There are some nice spices and mixed nuts. perhaps even a touch of marmalade before a little tannic and smoked twist.
Johnnie Walker Red Label, (circa 1970’s) 70% Proof (40%abv) from my collection (auction win)
Copper in colour. Slow and medium thick legs around the glass.
Right away there is a distinct similarity with the 1980’s Black Label, however it feels softer and slightly more balanced.
The nose starts off with a mix of soft brown sugar, old polish, soft spices and an aroma of gingerbread. There is a touch of leather and a faint whiff of toffee after some time in the glass.

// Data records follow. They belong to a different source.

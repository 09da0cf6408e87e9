//! How a site serves application functions (TS 29.214, 4.4).
ghost use Rattle.std.specs.Prelude.{◌≡◌, ◌<◌, length, ◌+◌, ◌++◌, ◌∷◌, [], List, ◌&&◌, Some, true, IfOk, IfSome, OnOk, OnErr, is_none, map, not};
ghost use Rattle.std.specs.List.{list_any};
ghost use Rattle.std.specs.Option.{option_copied};
ghost use Rattle.pcrf_values.specs.Ascending.{ascending};
ghost use Rattle.pcrf_values.specs.Facts.{Fact, fact_cmp};
ghost use Rattle.pcrf_values.specs.FlowWords.{or_else};
ghost use Rattle.pcrf_values.specs.Held.{kept_list, is_ended, join_of};
ghost use Rattle.pcrf_values.specs.Live.{af_is_live};
ghost use Rattle.pcrf_model.specs.Forms.{is_operation};
ghost use Rattle.pcrf_model.specs.Sessions.{af};
ghost use Rattle.pcrf_model.specs.Holdings.{facts_on, under};
ghost use Rattle.pcrf_model.specs.Views.{view};
ghost use Rattle.pcrf_model.specs.Bindings.{bind};
ghost use Rattle.pcrf_model.specs.Refusals.{aar_refusal, binds_to_none, has_no_class};
ghost use Rattle.pcrf_model.specs.Requests.{gives_no_address};
ghost use Rattle.af_records.specs.RecordFacts.{fact_of};
ghost use Rattle.site_join.specs.States.{record_facts};
ghost use Rattle.rx_profile.specs.Requests.{aar_view};
ghost use Rattle.rx_profile.specs.Terminations.{str_view};
ghost use Rattle.site_machine.specs.Call.{call_facts};
ghost use Rattle.site_machine.specs.Calls.{late_refusal};
ghost use Rattle.site_machine.specs.Replies.{is_plain};
ghost use Rattle.site_machine.specs.Values.{reply_value};

use crate::event::Reply;
use crate::facts::{call_of, end_facts, ended_call, note_aar, note_str};
use crate::site::Site;
use af_records::{AfFact, AfRec};
use dia_base::codes::results::{
    MISSING_AVP, SERVICE_NOT_AUTHORIZED, SESSION_NOT_AVAILABLE, UNABLE_TO_COMPLY,
    UNKNOWN_SESSION_ID,
};
use indexed_state::Tables;
use lattice_core::Join;
use pcrf_values::{AfSid, Ranked, Refusal};
use rx_profile::{Aar, Component, Str, is_removed};
use site_join::{Operation, SessionFacts};
use std::alloc::{AllocError, Global};

impl Site {
    ghost use Rattle.site_machine.specs.Facts.{operation_on_call};
    ghost use Rattle.site_machine.specs.Sites.{aar_served, str_served, with_made};

    /// Serves an AA request: what it describes is added to its session, if that can be bound then. An error changes nothing.
    pub(crate) fn serve_aar(&mut self, aar: &Aar) -> Result<Reply, AllocError>
        ensures plain { IfOk result (λ reply. is_plain reply ≡ true) }
        ensures reply { IfOk result (λ reply.
            reply_value reply ≡ (aar_served self.old (aar_view aar.now)).reply) }
        ensures ok { OnOk result (self.new
            ≡ with_made self.old (aar_served self.old (aar_view aar.now)).added) }
        ensures err { OnErr result (self.new ≡ self.old) }
    {
        if let Some(refusal) = self.early_refusal(aar) {
            return Ok(Reply::Refused(refusal));
        }
        let Some((facts, known)) = self.made_if_bound(aar)? else {
            return Ok(Reply::Refused(Refusal::experimental(SESSION_NOT_AVAILABLE)));
        };
        let Some(counter) = self.next_counter() else {
            return Ok(Reply::Refused(Refusal::base(UNABLE_TO_COMPLY)));
        };
        note_aar(aar);
        self.note_number();
        self.add_on_call(&aar.session, counter, facts, known)?;
        Ok(Reply::Done)
    }

    /// The facts of what a request describes, under the counter that follows the clock, and the record of its session with
    /// them; `None` where the session would be bound to none then.
    fn made_if_bound(&self, aar: &Aar) -> Result<Option<(Vec<AfFact>, AfRec)>, AllocError>
        ensures bound { IfOk result (λ made. is_none made
            ≡ binds_to_none self.now.number self.now.state.holding (aar_view aar.now)) }
        ensures facts { IfOk result (λ made. IfSome made (λ m. map fact_of m.0.items
            ≡ ascending fact_cmp (call_facts self.now.number (self.now.state.holding.clock + 1)
            (aar_view aar.now)))) }
        ensures known { IfOk result (λ made. IfSome made (λ m. m.1 ≡ join_of
            (facts_on self.now.state.holding.facts (af aar.now.session))
            (kept_list (map fact_of m.0.items)))) }
    {
        self.note_number();
        let call = call_of(self.alloc, aar, self.held.clock() + 1, self.number)?;
        call.note_valid();
        let facts = call.facts(self.alloc)?;
        let known = self.with_call(&aar.session, call)?;
        if self.binds_to_none(&aar.session, &known) {
            return Ok(None);
        }
        Ok(Some((facts, known)))
    }

    /// The refusal of an AA request by what is seen before it is bound.
    fn early_refusal(&self, aar: &Aar) -> Option<Refusal>
        ensures { aar_refusal self.now.tables self.now.number
            self.now.state.holding (aar_view aar.now) ≡ or_else result
            (late_refusal self.now.number self.now.state.holding (aar_view aar.now)) }
    {
        let known = self.held.af(&aar.session);
        if has_ended(known) {
            return Some(Refusal::base(UNKNOWN_SESSION_ID));
        }
        if lacks_address(known, aar) {
            return Some(Refusal::base(MISSING_AVP));
        }
        if lack_class(self.held.tables(), aar.components.as_slice()) {
            return Some(Refusal::experimental(SERVICE_NOT_AUTHORIZED));
        }
        None
    }

    /// With this as its record, which has what a request describes, a session would be bound to none.
    fn binds_to_none(&self, session: &AfSid, known: &AfRec) -> bool
        ensures { (facts : List Fact) → known.now
            ≡ join_of (facts_on self.now.state.holding.facts (af session.now)) (kept_list facts)
            → result ≡ is_none (bind (view (self.now.state.holding.facts
            ++ under (af session.now) facts)) (af session.now)) }
    {
        self.held.bind_by(known).is_none()
    }

    /// The record of a session with what a request describes.
    fn with_call(&self, session: &AfSid, call: AfRec) -> Result<AfRec, AllocError>
        ensures { IfOk result (λ both. both
            ≡ join_of (facts_on self.now.state.holding.facts (af session.now)) call) }
    {
        call.note_valid();
        match self.held.af(session) {
            Some(known) => known.joined_copy(&call),
            None => Ok(call),
        }
    }

    /// Serves a session termination request: its session ends, for good. An error changes nothing.
    pub(crate) fn serve_str(&mut self, call: &Str) -> Result<Reply, AllocError>
        ensures plain { IfOk result (λ reply. is_plain reply ≡ true) }
        ensures reply { IfOk result (λ reply.
            reply_value reply ≡ (str_served self.old (str_view call.now)).reply) }
        ensures ok { OnOk result (self.new
            ≡ with_made self.old (str_served self.old (str_view call.now)).added) }
        ensures err { OnErr result (self.new ≡ self.old) }
    {
        if !is_live(self.held.af(&call.session)) {
            return Ok(Reply::Refused(Refusal::base(UNKNOWN_SESSION_ID)));
        }
        let Some(counter) = self.next_counter() else {
            return Ok(Reply::Refused(Refusal::base(UNABLE_TO_COMPLY)));
        };
        let facts = end_facts(self.alloc)?;
        let ended = ended_call(self.alloc)?;
        note_str(call);
        self.note_number();
        self.add_on_call(&call.session, counter, facts, ended)?;
        Ok(Reply::Done)
    }

    /// Adds the operation of these facts on an application function's session, of which this record is known then, or changes
    /// nothing.
    fn add_on_call(
        &mut self,
        session: &AfSid,
        counter: u64,
        facts: Vec<AfFact>,
        known: AfRec,
    ) -> Result<(), AllocError>
        requires later { length self.old.state.log < counter }
        requires formed { is_operation (operation_on_call
            self.old.number counter session.now (map fact_of facts.items)) ≡ true }
        requires joins { known ≡ join_of (facts_on self.old.state.holding.facts (af session.now))
            (kept_list (map fact_of facts.items)) }
        ensures ok { OnOk result (self.new ≡ with_made self.old (Some (operation_on_call
            self.old.number counter session.now (map fact_of facts.items)))) }
        ensures err { OnErr result (self.new ≡ self.old) }
    {
        let facts = SessionFacts::Af(session.try_copy()?, facts);
        let operation = Operation::with_stamp(counter, self.number, 0, facts);
        self.add_to_call(operation, session, known)
    }
}

/// The session has ended, as far as is known.
fn has_ended(known: Option<&AfRec>) -> bool
    ensures { result ≡ is_ended (record_facts (option_copied known.entry)) }
{
    match known {
        Some(call) => call.ended(),
        None => false,
    }
}

/// The session is live.
fn is_live(known: Option<&AfRec>) -> bool
    ensures { result ≡ af_is_live (record_facts (option_copied known.entry)) }
{
    match known {
        Some(call) => call.live(),
        None => false,
    }
}

/// The request says nowhere its user is reached: it gives neither an address nor a prefix.
fn gives_no_address(aar: &Aar) -> bool
    ensures { result ≡ gives_no_address (aar_view aar.now).user }
{
    aar.address.is_none() && aar.prefix.is_none()
}

/// The session isn't live, and the request says nowhere its user is reached.
fn lacks_address(known: Option<&AfRec>, aar: &Aar) -> bool
    ensures { result ≡ (not (af_is_live (record_facts (option_copied known.entry)))
        && gives_no_address (aar_view aar.now).user) }
{
    !is_live(known) && gives_no_address(aar)
}

/// A component that isn't removed has a Media-Type without a row in the tables.
fn lacks_class(tables: &Tables, component: &Component) -> bool
    ensures { result ≡ has_no_class tables.now component.now }
{
    let parts = component.parts();
    if is_removed(parts.status) {
        return false;
    }
    match parts.media_type {
        Some(media_type) => tables.media(media_type).is_none(),
        None => false,
    }
}

/// One of these components has such a Media-Type.
fn lack_class(tables: &Tables, components: &[Component]) -> bool
    ensures { result ≡ list_any (has_no_class tables.now) components.now }
{
    components
        .iter()
        .any(|component| lacks_class(tables, component))
}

The palate starts off a little woody but more tamed then the 1980’s Black Label, more in line with the modern Black Label curiously enough. There are a few apricots and a touch of honey here too. There is a definite herby undertone and a mild ginger element.
As with all JW’s there is a nice soft smoke here, it lingers for a while and then there is a gingery and peppery twist.
Overall an interesting comparison between old, new and experimental.
I was especially excited to try the older Black and Red Labels, which were both intriguing and didn’t disappoint. The Red Label did appear to be much mellower than I thought it might be considering it is a cheaper alternative to the Black. I’d put this down to a combination of the time spent in the bottle and the era it was from. Not necessary proof that old blends were better but an interesting point nonetheless.
I also really enjoyed the Espresso Roast, much more than I thought I would in fact. Nice to try a twist on the classic JW blends. I’ve found myself reaching for this bottle on several occasions recently.